Content starts

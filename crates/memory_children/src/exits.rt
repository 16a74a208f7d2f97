//! How a child ends that was started with a request.

ghost use Rattle.std.specs.Prelude.{◌≡◌, ◌≤◌, [], ℕ, List, IfOk, length, take};
ghost use Rattle.base.specs.declared.limits.TheConstants.{ARTEFACT_LIMIT, RESULTS_LIMIT};
ghost use Rattle.outside.specs.Children.{AnswersPath, FitsExit, IsShort};
ghost use Rattle.vhdl_spec.specs.Scans.{Finding, IsScanner};
ghost use Rattle.child_lines.specs.Ends.{ends_with};
ghost use Rattle.system_children.specs.Codes.{cut_code};
ghost use Rattle.memory_children.specs.Answers.{child_end, is_cut, loop_answer, second_word, short_text, taken_exit, taken_results};

use base::{ARTEFACT_LIMIT, Exit, MaybeText, NoMemory, RESULTS_LIMIT, Request, Text};
use child_lines::ends_with;
use child_tools::{analyse, bench};
use std::alloc::Global;

/// The exit code of an unknown command.
const UNKNOWN_CODE: u32 = 127;

/// The exit code of a child that ended with code 0 but printed more than is kept, if its request names no path for results.
const CUT_CODE: u32 = 257;

/// The second word of a command, or no bytes if the command is shorter.
fn second_word(command: &[Text]) -> &[u8]
    ensures { result.now ≡ second_word command.now }
{
    match command.get(1) {
        Some(word) => word.bytes(),
        None => &[],
    }
}

/// How a child with this second word ends, before its output and its results are limited.
#[tactic(auto, unfolding(crate::specs::Answers::child_end))]
fn child_end(alloc: Global, word: &[u8], input: &[u8]) -> Result<Exit, NoMemory>
    ensures { (scan : List ℕ → Finding) → IsScanner scan →
        IfOk result (λ exit. exit ≡ child_end scan word.now input.now) }
{
    if word == b"child-analyse".as_slice() {
        return analyse(alloc, input);
    }
    if word == b"child-bench".as_slice() {
        return bench(alloc, input);
    }
    Ok(unknown_exit(alloc))
}

fn is_cut(output: &Text) -> bool
    ensures { result ≡ is_cut output.now }
{
    output.bytes().len() > ARTEFACT_LIMIT
}

/// The code of an exit, by whether the output was cut and whether the request names a path for results.
fn taken_code(code: u32, more: bool, path: &MaybeText) -> u32
    ensures { result ≡ cut_code code more path.now }
{
    match path {
        MaybeText::Nothing if more && code == 0 => CUT_CODE,
        _ => code,
    }
}

fn taken_output(output: Text) -> Text
    ensures is { result ≡ take ARTEFACT_LIMIT output }
    ensures short { length result ≤ ARTEFACT_LIMIT }
{
    let mut bytes = output.into_vec();
    bytes.truncate(ARTEFACT_LIMIT);
    Text::from_vec(bytes)
}

fn short_text(text: Text) -> MaybeText
    ensures is { result ≡ short_text text }
    ensures short { IsShort RESULTS_LIMIT result }
{
    if text.bytes().len() <= RESULTS_LIMIT {
        return MaybeText::Given(text);
    }
    MaybeText::Nothing
}

fn taken_results(path: &MaybeText, left: MaybeText) -> MaybeText
    ensures is { result ≡ taken_results path.now left }
    ensures short { IsShort RESULTS_LIMIT result }
    ensures named { AnswersPath path.now result }
{
    match path {
        MaybeText::Nothing => MaybeText::Nothing,
        MaybeText::Given(_) => match left {
            MaybeText::Nothing => MaybeText::Nothing,
            MaybeText::Given(text) => short_text(text),
        },
    }
}

/// The exit that is made of an end, by the path that the request names for results.
#[tactic(auto, unfolding(crate::specs::Answers::taken_exit))]
fn take_exit(path: &MaybeText, end: Exit) -> Exit
    ensures is { result ≡ taken_exit path.now end }
    ensures sizes { FitsExit result }
    ensures results { AnswersPath path.now result.results }
{
    let Exit {
        code,
        output,
        results,
    } = end;
    let more = is_cut(&output);
    Exit {
        code: taken_code(code, more, path),
        output: taken_output(output),
        results: taken_results(path, results),
    }
}

/// How a child ends that was started with a request.
fn exit_of(alloc: Global, request: &Request) -> Result<Exit, NoMemory>
    ensures answer { (scan : List ℕ → Finding) → IsScanner scan →
        IfOk result (λ exit. exit ≡ loop_answer scan request.now) }
    ensures sizes { IfOk result FitsExit }
    ensures results { IfOk result (λ exit. AnswersPath request.now.results exit.results) }
{
    let word = second_word(request.command.as_slice());
    let end = child_end(alloc, word, request.input.bytes())?;
    Ok(take_exit(&request.results, end))
}

/// Two copies of the exit of a child that was started with a request.
pub fn two_exits(alloc: Global, request: &Request) -> Result<(Exit, Exit), NoMemory>
    ensures same { IfOk result (λ exits. exits.1 ≡ exits.0) }
    ensures answer { (scan : List ℕ → Finding) → IsScanner scan →
        IfOk result (λ exits. exits.0 ≡ loop_answer scan request.now) }
    ensures sizes { IfOk result (λ exits. FitsExit exits.0) }
    ensures results { IfOk result (λ exits. AnswersPath request.now.results exits.0.results) }
{
    let exit = exit_of(alloc, request)?;
    let copy = exit.copy(alloc)?;
    Ok((exit, copy))
}

/// How a command ends that isn't there.
pub fn unknown_exit(alloc: Global) -> Exit
    ensures { result ≡ ends_with 127 [] }
{
    ends_with(UNKNOWN_CODE, Text::new(alloc))
}
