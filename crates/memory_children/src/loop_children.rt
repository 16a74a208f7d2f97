//! Children that answer as those of the program do.
ghost use Rattle.std.specs.Prelude.{◌≡◌, ◌<◌, ◌++◌, [], ◌∷◌, ℕ, List, length, IfOk, IfSome, Contains};
ghost use Rattle.outside.specs.Counts.{StartCounts, ChildCounts};
ghost use Rattle.outside.specs.Children.{IsFresh, AddsTicket, AddsStart, ended_ticket, without, end_event, started_with, AnswersStarted, AnswersPath, AnswersStartedPath, FitsExit};
ghost use Rattle.memory_outside.specs.Failing.{next_call, MakesCall, StartFails, WaitFails};
ghost use Rattle.memory_outside.specs.ChildLogs.{no_children, picked};
ghost use Rattle.vhdl_spec.specs.Scans.{Finding, IsScanner};
ghost use Rattle.memory_children.specs.Answers.{loop_answer};
ghost use Rattle.memory_children.specs.OneAnswer.{HasLoopAnswer, answer_in, one_answer};

use crate::exits::{two_exits, unknown_exit};
use base::{Exit, NoMemory, Numbers, Positions, Request};
use memory_outside::{ChildLog, EventList};
use outside::{Ended, Procs, StartFault, WaitFault};
use std::alloc::Global;

/// Children that answer as the child processes of the program do. The second word of the command decides:
///
/// - `child-analyse`: the answer of the compiler that is part of the program,
/// - `child-bench`: the answer of the simulator that is part of the program,
/// - any other word, or no second word: code 127, without output or results.
///
/// The first 262,144 bytes of an output are kept. If more was printed, the code 0 becomes 257, unless the request names a path
/// for results. Results are given only if the request names such a path, and if they have at most 1,048,576 bytes.
#[derive(Drop)]
pub struct LoopProcs {
    child_log: ChildLog,
    // what they answer
    pub ghost known: { HasLoopAnswer } by { one_answer },
}

impl LoopProcs {
    /// Children of which none was started; it takes no memory. Wait number k takes the running ticket of place
    /// `picks[k]`, modulo how many run; past the end of the picks it takes the oldest. The calls of the numbers in
    /// `failing`, counted from 0 over starts and waits, are to fail.
    #[tactic(auto, unfolding(crate::specs::OneAnswer::answer_in))]
    pub fn new(alloc: Global, picks: Positions, failing: Numbers) -> LoopProcs
        ensures child_log { result.child_log ≡ no_children picks failing }
        // By whatever scanner the answer is told, it is the same.
        ensures answer { (scan : List ℕ → Finding) → IsScanner scan →
            answer_in result.known ≡ loop_answer scan }
    {
        LoopProcs {
            child_log: ChildLog::new(alloc, picks, failing),
        }
    }

    /// What has happened so far, in order.
    pub fn journal(&self) -> &EventList
        ensures { result.now.items ≡ self.now.child_log.journal }
    {
        self.child_log.journal()
    }

    /// The tickets of the running children, in order of start.
    pub fn running_tickets(&self) -> &[u64]
        ensures { result.now ≡ self.now.child_log.running }
    {
        self.child_log.running_tickets()
    }
}

impl Procs for LoopProcs {
    ghost tells = { Unit {0} };

    ghost running = { λ p. p.child_log.running };

    ghost journal = { λ p. p.child_log.journal };

    ghost answer = { λ p. answer_in p.known };

    ghost failed_starts = { λ p. p.child_log.calls.failed };

    ghost lost_children = { λ p. p.child_log.lost_children };

    fn start(&mut self, alloc: Global, request: &Request) -> Result<u64, StartFault>
        ensures running { AddsTicket result self.old.child_log.running self.new.child_log.running }
        ensures fresh { IfOk result (IsFresh self.old.child_log.journal) }
        ensures journal { AddsStart request.now result self.old.child_log.journal self.new.child_log.journal }
        ensures same { answer_in self.new.known ≡ answer_in self.old.known }
        ensures cause { StartCounts result self.old.child_log.calls.failed self.new.child_log.calls.failed }
        ensures children { self.new.child_log.lost_children ≡ self.old.child_log.lost_children }
        ensures fails { StartFails result self.old.child_log.calls }
        ensures calls { MakesCall self.old.child_log.calls self.new.child_log.calls }
        ensures picks { self.new.child_log.picks ≡ self.old.child_log.picks }
        ensures waits { self.new.child_log.waits ≡ self.old.child_log.waits }
    {
        self.child_log.start(alloc, request)
    }

    fn wait_any(&mut self, alloc: Global) -> Result<Ended, WaitFault>
        requires { 0 < length self.old.child_log.running }
        ensures picks { Contains self.old.child_log.running (ended_ticket result) }
        ensures running { let before = self.old.child_log.running in
            self.new.child_log.running ≡ without (ended_ticket result) before }
        ensures sizes { IfOk result (λ end. FitsExit end.exit) }
        ensures journal { self.new.child_log.journal ≡ self.old.child_log.journal ++ end_event result ∷ [] }
        ensures exit { IfOk result
            (AnswersStarted (answer_in self.old.known) self.old.child_log.journal) }
        ensures results { IfOk result (AnswersStartedPath self.old.child_log.journal) }
        ensures same { answer_in self.new.known ≡ answer_in self.old.known }
        ensures cause { ChildCounts result self.old.child_log.lost_children self.new.child_log.lost_children }
        ensures starts { self.new.child_log.calls.failed ≡ self.old.child_log.calls.failed }
        ensures picked { ended_ticket result ≡ picked self.old.child_log }
        ensures fails { WaitFails result self.old.child_log.calls }
        ensures calls { MakesCall self.old.child_log.calls self.new.child_log.calls }
        ensures list { self.new.child_log.picks ≡ self.old.child_log.picks }
        ensures waits { self.new.child_log.waits ≡ next_call self.old.child_log.waits }
    {
        let ticket = self.child_log.next_ticket();
        if self.child_log.fails() {
            self.child_log.lose(ticket);
            return Err(WaitFault::Lost { ticket });
        }
        match self.exits(alloc, ticket) {
            Ok((exit, kept)) => {
                self.child_log.end(ticket, kept);
                Ok(Ended { ticket, exit })
            }
            Err(_) => {
                self.child_log.forget(ticket);
                Err(WaitFault::NoMemory { ticket })
            }
        }
    }
}

impl LoopProcs {
    /// Two copies of the exit of the child of a ticket, one of them for the journal. Without such a child, it is the exit of an
    /// unknown command.
    fn exits(&self, alloc: Global, ticket: u64) -> Result<(Exit, Exit), NoMemory>
        ensures same { IfOk result (λ exits. exits.1 ≡ exits.0) }
        ensures sizes { IfOk result (λ exits. FitsExit exits.0) }
        ensures exit { let request = started_with ticket self.now.child_log.journal in
            IfOk result (λ exits. IfSome request (λ r. exits.0 ≡ answer_in self.now.known r)) }
        ensures results { let request = started_with ticket self.now.child_log.journal in
            IfOk result (λ exits. IfSome request (λ r. AnswersPath r.results exits.0.results)) }
    {
        match self.child_log.request(ticket) {
            Some(request) => two_exits(alloc, request),
            None => Ok((unknown_exit(alloc), unknown_exit(alloc))),
        }
    }
}
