//! Children in memory that answer as the compiler and the simulator that are part of the program do, for tests.
#![tactic(auto)]

mod exits;
mod loop_children;

pub use loop_children::LoopProcs;
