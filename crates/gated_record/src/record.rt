//! The payload behind a closed gate, and then the gate.

ghost use Rattle.std.specs.Prelude.{◌≡◌, ◌∷◌, ◌≤◌, [], length, IsTrue, OnOk, Some};
ghost use Rattle.gated_record.specs.Record.{payload_of, IsAllOrNothing, IsDiskRun};
ghost use Rattle.xs_outside.specs.Disk.{on, Changes, Torn, Written, AllSince, IsSettled};

use xs_outside::{Disk, Failed, Side};

/// The byte of a gate behind which nothing counts.
pub const CLOSED: u8 = 0;

/// The byte of a gate behind which a record stands.
pub const OPEN: u8 = 1;

/// Records a payload on a side that holds a closed gate and nothing else.
pub fn put_record<D: Disk>(disk: &mut D, side: Side, payload: &[u8]) -> Result<(), Failed>
    requires rest { IsTrue (D.state disk.old).honest
        → on side (D.state disk.old).content ≡ CLOSED ∷ [] }
    requires settled { IsTrue (D.state disk.old).honest → IsSettled (D.state disk.old) }
    ensures any_moment { IsTrue (D.state disk.old).honest
        → AllSince (D.state disk.old).clock
        (IsAllOrNothing side payload.now (D.state disk.old).content) (D.state disk.new) }
    ensures settled { OnOk result (IsTrue (D.state disk.old).honest
        → IsSettled (D.state disk.new)) }
    ensures acknowledged { OnOk result (IsTrue (D.state disk.old).honest
        → payload_of (on side (D.state disk.new).content) ≡ Some payload.now) }
    ensures run { IsDiskRun result (D.state disk.old) (D.state disk.new) }
{
    write_through(disk, side, 1, payload)?;
    write_through(disk, side, 0, &[OPEN])
}

/// Writes to a disk on which nothing is pending, and syncs.
fn write_through<D: Disk>(disk: &mut D, side: Side, at: u64, bytes: &[u8]) -> Result<(), Failed>
    requires place { IsTrue (D.state disk.old).honest
        → at ≤ length (on side (D.state disk.old).content) }
    requires settled { IsTrue (D.state disk.old).honest → IsSettled (D.state disk.old) }
    ensures any_moment { IsTrue (D.state disk.old).honest
        → AllSince (D.state disk.old).clock
        (Changes side (Torn at (length bytes.now)) (D.state disk.old).content)
        (D.state disk.new) }
    ensures settled { OnOk result (IsTrue (D.state disk.old).honest
        → IsSettled (D.state disk.new)) }
    ensures written { OnOk result (IsTrue (D.state disk.old).honest
        → Changes side (Written at bytes.now)
        (D.state disk.old).content (D.state disk.new).content) }
    ensures run { IsDiskRun result (D.state disk.old) (D.state disk.new) }
{
    disk.write(side, at, bytes)?;
    disk.sync(side)
}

Content ends

Task to carry out: There is a run of lines above from the one with "(AnswersStarted (answer_in self.old.known)" to the one with "ChildCounts result self.old.child_log.lost_children"; print exactly that run, both ends included, and nothing else.

Response:
            (AnswersStarted (answer_in self.old.known) self.old.child_log.journal) }
        ensures results { IfOk result (AnswersStartedPath self.old.child_log.journal) }
        ensures same { answer_in self.new.known ≡ answer_in self.old.known }
        ensures cause { ChildCounts result self.old.child_log.lost_children self.new.child_log.lost_children }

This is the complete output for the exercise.